Desktop search has come a long way in the past few years. In this post, we’ll explore how the technology behind all of the major desktop search options has changed based on web search innovations. In the follow-up posts, we’ll talk a little bit about how desktop search is different from web search and how it has both succeeded and failed at making interacting with our computers better. We’ll share a few tricks for getting more out of Desktop Search and a few things we wish it could do. We’ll also share a little bit about how Baydin plans to fill in the gaps.
There are two major advantages to a modern desktop search experience: the first is that searching for a document is a lot faster than it used to be, and the second is that in virtually all file types, the text inside the document is searchable, instead of just the filename.
Think back to the file search in Windows 95. It was pretty terrible. All it could do was search for filenames, and it took the better part of eternity to find anything. Here’s why: when someone searched for a word, Windows opened the file system and looked at every single file it had. It compared the search query with the filename for each file, and as it found matches, it added the files to the results listing. Every time a new search started, Windows had to look at every single file, which is why the results trickled in over a period of a few minutes. If the search term were somewhere in a document or in an email rather than in the filename of a physical file, we were pretty much out of luck.
Searching the full text of documents was beyond the pale. To do that, Windows would need to open every single file as it came across them and extract the text. It would have been slower than slow, it would have required every piece of software that saved any kind of document to provide hooks for Windows to extract the text, and it probably would have made the computer rottenly unstable.
Searching through email in Office (up until 2003) used the same method, but since every email had a known structure, Outlook could search through the full text of messages. When a user started searching for something, Outlook opened the most recent email and compared the search terms against each word in that email. If there was a match, it would add the email to the result list in real-time. When it finished with the most recent email, it would move on to the next, then to the next, then to the next. Searching through email was a slow process, but it would eventually yield results where the terms were found only in the text of emails.
A real innovation happened, though, when software developers realized that the same technology that powers web search engines could be applied to the desktop.
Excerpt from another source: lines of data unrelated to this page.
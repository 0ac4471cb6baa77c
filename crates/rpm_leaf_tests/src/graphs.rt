//! Graphs with the order that follows by hand.

ghost use Rattle.std.specs.Prelude.{◌≡◌, nat_lt, ◌==◌, ◌&&◌, ◌||◌};
ghost use Rattle.std.specs.List.{list_all, list_any};

use rpm_graph::{ClassList, Edge, Graph, order};
use std::alloc::{AllocError, Global};

// Numbers, the edges between them, and the classes.
const GRAPHS: &[(&[u32], &[(u32, u32)], &[&[u32]])] = &[
    // Each has an edge to the next.
    (&[1, 2, 3], &[(1, 2), (2, 3)], &[&[3], &[2], &[1]]),
    // The first has an edge to the last.
    (&[1, 2, 3, 4], &[(1, 4)], &[&[2], &[3], &[4], &[1]]),
    // Two cycles that meet in 3.
    (&[1, 3, 5], &[(1, 3), (3, 1), (3, 5), (5, 3)], &[&[1, 3, 5]]),
    // Two cycles without an edge between them, and a number between theirs.
    (
        &[1, 2, 3, 4, 5],
        &[(1, 5), (2, 4), (4, 2), (5, 1)],
        &[&[1, 5], &[2, 4], &[3]],
    ),
    // One cycle with an edge to another.
    (
        &[1, 2, 3, 4],
        &[(1, 4), (2, 3), (3, 2), (4, 1), (4, 2)],
        &[&[2, 3], &[1, 4]],
    ),
];

/// Whether each number is below this one.
fn are_below(numbers: &[u32], number: u32) -> bool
    ensures { result ≡ list_all (λ n. nat_lt n number) numbers.now }
{
    numbers.iter().all(|n| *n < number)
}

/// Whether each edge stands before this one: by where they begin, and then by where they end.
fn are_before(edges: &[Edge], from: u32, to: u32) -> bool
    ensures { result ≡ list_all (λ e. nat_lt e.from from || (e.from == from && nat_lt e.to to)) edges.now }
{
    edges
        .iter()
        .all(|e| e.from < from || e.from == from && e.to < to)
}

/// Whether the number is one of these.
fn has(numbers: &[u32], number: u32) -> bool
    ensures { result ≡ list_any (λ n. number == n) numbers.now }
{
    numbers.iter().any(|n| number == *n)
}

/// Adds a number that is above the others.
fn push_number(graph: &mut Graph, number: u32) -> Result<(), AllocError> {
    if are_below(graph.numbers(), number) {
        graph.push_number(number)?;
    }
    Ok(())
}

/// Adds an edge between two of the numbers that stands after the others.
fn push_edge(graph: &mut Graph, from: u32, to: u32) -> Result<(), AllocError> {
    if from == to || !has(graph.numbers(), from) || !has(graph.numbers(), to) {
        return Ok(());
    }
    if are_before(graph.edges(), from, to) {
        graph.push_edge(from, to)?;
    }
    Ok(())
}

/// A graph of these numbers and edges, those aside that no graph takes.
fn graph_of(alloc: Global, numbers: &[u32], edges: &[(u32, u32)]) -> Result<Graph, AllocError> {
    let mut graph = Graph::new(alloc);
    for &number in numbers {
        push_number(&mut graph, number)?;
    }
    for &(from, to) in edges {
        push_edge(&mut graph, from, to)?;
    }
    Ok(graph)
}

/// Whether these are the classes of the list.
fn is_list(list: &ClassList, classes: &[&[u32]]) -> bool {
    if list.classes() != classes.len() {
        return false;
    }
    for k in 0..list.classes() {
        if list.class(k) != classes[k] {
            return false;
        }
    }
    true
}

/// Whether the graph has all these numbers and edges, and its order these classes.
fn is_ordered(
    alloc: Global,
    numbers: &[u32],
    edges: &[(u32, u32)],
    classes: &[&[u32]],
) -> Result<bool, AllocError> {
    let graph = graph_of(alloc, numbers, edges)?;
    let is_whole = graph.numbers() == numbers && graph.edges().len() == edges.len();
    let list = order(alloc, &graph)?;
    Ok(is_whole && is_list(&list, classes))
}

fn unlike_order(alloc: Global) -> Option<&'static [(u32, u32)]> {
    for &(numbers, edges, classes) in GRAPHS {
        if is_ordered(alloc, numbers, edges, classes) != Ok(true) {
            return Some(edges);
        }
    }
    None
}

#[test]
fn orders_are_those_by_hand(rt: HostRuntime) {
    let edges = unlike_order(rt.alloc());
    assert!(rt; edges.is_none(), "{edges:?}");
}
When someone clicks the search button on a web search engine, the search engine responds in a totally different way from Windows 95-style search. Google does not crawl every page on the web, word for word, comparing the search terms for a match. Instead, Google just looks in a previously-generated database where they already have prepared a list of all the web pages that contain the search term (and a bunch of other information that helps them order the results!)
Instead of sifting through every word ever written on the Internet in real time, Google crawls each page on the web only every few hours, days, or weeks depending on how important a site is and how frequently its content changes. When Google crawls a site, its crawler looks through every page, processes every term, and updates the database.
Very crudely, that index looks like this:
All Google has to do when you search for “chicken” is find that index and list the results.
Of course, that’s a sweeping simplification – it doesn’t address multiple-term searches, result order, or the fact that the index is HUGE and difficult to maintain. There are dozens of fantastic papers from Google engineers that explains a lot of the details; try http://labs.google.com/papers for a listing, or start here for an overview from when Sergey and Larry were still at Stanford. But for the purposes of this post, that’s all we need to worry about.
Creating and maintaining a mapping from search terms to web pages is the critical innovation for desktop search. The idea extends quite well to our individual computers. Instead of a mapping from terms to web pages, though, we need to make a mapping from terms to documents. So the problem is a little bit harder in that we have to be able to index a whale of a lot of document types instead of just HTML, but it is a lot easier in that the index size is nowhere near as large as the index for the web. It can be generated relatively fast (probably under an hour for the average computer) and does not require a lot of space.
Google Desktop Search, Windows Desktop Search, and all the competitors do exactly this. Their indexer runs in the background, opens every file on the computer, and creates a database in the same format as the web databases above:
When I search on my computer for a word, like the web search engines, all my computer now has t
o do is look in that index and find the already-generated list of files that match my term.
The key takeaway is that thanks to these indexes, searching through the full text of every file on a computer is now thousands of times faster than just searching the filenames used to be.